(Records excerpted from a collection)
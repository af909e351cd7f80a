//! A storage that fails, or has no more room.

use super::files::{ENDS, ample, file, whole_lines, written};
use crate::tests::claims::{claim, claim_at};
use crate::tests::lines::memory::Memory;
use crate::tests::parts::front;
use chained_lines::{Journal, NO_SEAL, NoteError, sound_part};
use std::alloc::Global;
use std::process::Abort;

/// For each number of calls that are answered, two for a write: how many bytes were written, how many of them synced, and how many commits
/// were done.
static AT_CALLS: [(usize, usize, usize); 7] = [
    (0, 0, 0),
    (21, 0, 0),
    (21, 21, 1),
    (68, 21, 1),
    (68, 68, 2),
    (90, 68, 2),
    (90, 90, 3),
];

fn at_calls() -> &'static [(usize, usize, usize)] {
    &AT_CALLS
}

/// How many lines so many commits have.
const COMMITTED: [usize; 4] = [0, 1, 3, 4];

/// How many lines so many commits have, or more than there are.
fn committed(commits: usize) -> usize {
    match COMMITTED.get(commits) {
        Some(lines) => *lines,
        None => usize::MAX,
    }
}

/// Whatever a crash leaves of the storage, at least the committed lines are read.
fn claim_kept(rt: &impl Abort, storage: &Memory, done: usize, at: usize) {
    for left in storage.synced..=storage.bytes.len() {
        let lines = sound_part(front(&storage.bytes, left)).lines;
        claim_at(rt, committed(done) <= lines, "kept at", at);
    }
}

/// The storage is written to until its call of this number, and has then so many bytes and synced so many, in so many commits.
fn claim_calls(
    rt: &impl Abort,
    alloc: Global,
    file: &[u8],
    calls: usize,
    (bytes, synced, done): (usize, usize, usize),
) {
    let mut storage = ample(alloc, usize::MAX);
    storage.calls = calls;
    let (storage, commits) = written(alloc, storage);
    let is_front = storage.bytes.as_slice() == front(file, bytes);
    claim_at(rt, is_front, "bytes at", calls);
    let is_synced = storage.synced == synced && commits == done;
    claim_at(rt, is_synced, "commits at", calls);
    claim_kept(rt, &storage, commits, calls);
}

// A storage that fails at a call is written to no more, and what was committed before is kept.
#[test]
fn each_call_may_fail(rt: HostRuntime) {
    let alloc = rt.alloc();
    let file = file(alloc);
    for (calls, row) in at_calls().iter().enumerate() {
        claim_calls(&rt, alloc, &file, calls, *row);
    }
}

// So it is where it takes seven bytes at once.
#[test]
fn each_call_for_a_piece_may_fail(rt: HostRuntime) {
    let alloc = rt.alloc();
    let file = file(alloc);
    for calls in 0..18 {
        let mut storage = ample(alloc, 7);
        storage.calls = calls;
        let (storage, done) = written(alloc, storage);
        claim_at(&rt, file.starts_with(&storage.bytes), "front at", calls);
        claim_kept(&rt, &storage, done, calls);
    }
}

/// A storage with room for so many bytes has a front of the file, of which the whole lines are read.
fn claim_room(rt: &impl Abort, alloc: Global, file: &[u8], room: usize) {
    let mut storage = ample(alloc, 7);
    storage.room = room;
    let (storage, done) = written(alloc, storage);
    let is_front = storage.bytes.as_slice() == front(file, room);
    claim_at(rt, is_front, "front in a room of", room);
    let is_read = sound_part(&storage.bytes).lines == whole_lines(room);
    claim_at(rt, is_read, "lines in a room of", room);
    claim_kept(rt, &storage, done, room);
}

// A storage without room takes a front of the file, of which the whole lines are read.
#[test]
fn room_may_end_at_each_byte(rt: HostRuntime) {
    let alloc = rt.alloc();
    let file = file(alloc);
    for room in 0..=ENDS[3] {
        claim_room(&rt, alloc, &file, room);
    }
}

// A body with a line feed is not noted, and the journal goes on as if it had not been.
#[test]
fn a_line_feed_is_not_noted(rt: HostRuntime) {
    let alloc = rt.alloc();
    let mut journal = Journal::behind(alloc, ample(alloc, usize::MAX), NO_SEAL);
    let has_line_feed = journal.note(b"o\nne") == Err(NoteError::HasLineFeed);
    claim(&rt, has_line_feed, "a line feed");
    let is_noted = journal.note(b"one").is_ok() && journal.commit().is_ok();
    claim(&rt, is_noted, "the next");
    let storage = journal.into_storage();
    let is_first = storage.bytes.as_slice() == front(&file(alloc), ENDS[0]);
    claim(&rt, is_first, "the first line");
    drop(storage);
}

* **Task instructions**
Whenever a line above contains "commits", copy that line.

* **Answer to this problem**
/// For each number of calls that are answered, two for a write: how many bytes were written, how many of them synced, and how many commits
/// How many lines so many commits have.
/// How many lines so many commits have, or more than there are.
fn committed(commits: usize) -> usize {
    match COMMITTED.get(commits) {
/// The storage is written to until its call of this number, and has then so many bytes and synced so many, in so many commits.
    let (storage, commits) = written(alloc, storage);
    let is_synced = storage.synced == synced && commits == done;
    claim_at(rt, is_synced, "commits at", calls);
    claim_kept(rt, &storage, commits, calls);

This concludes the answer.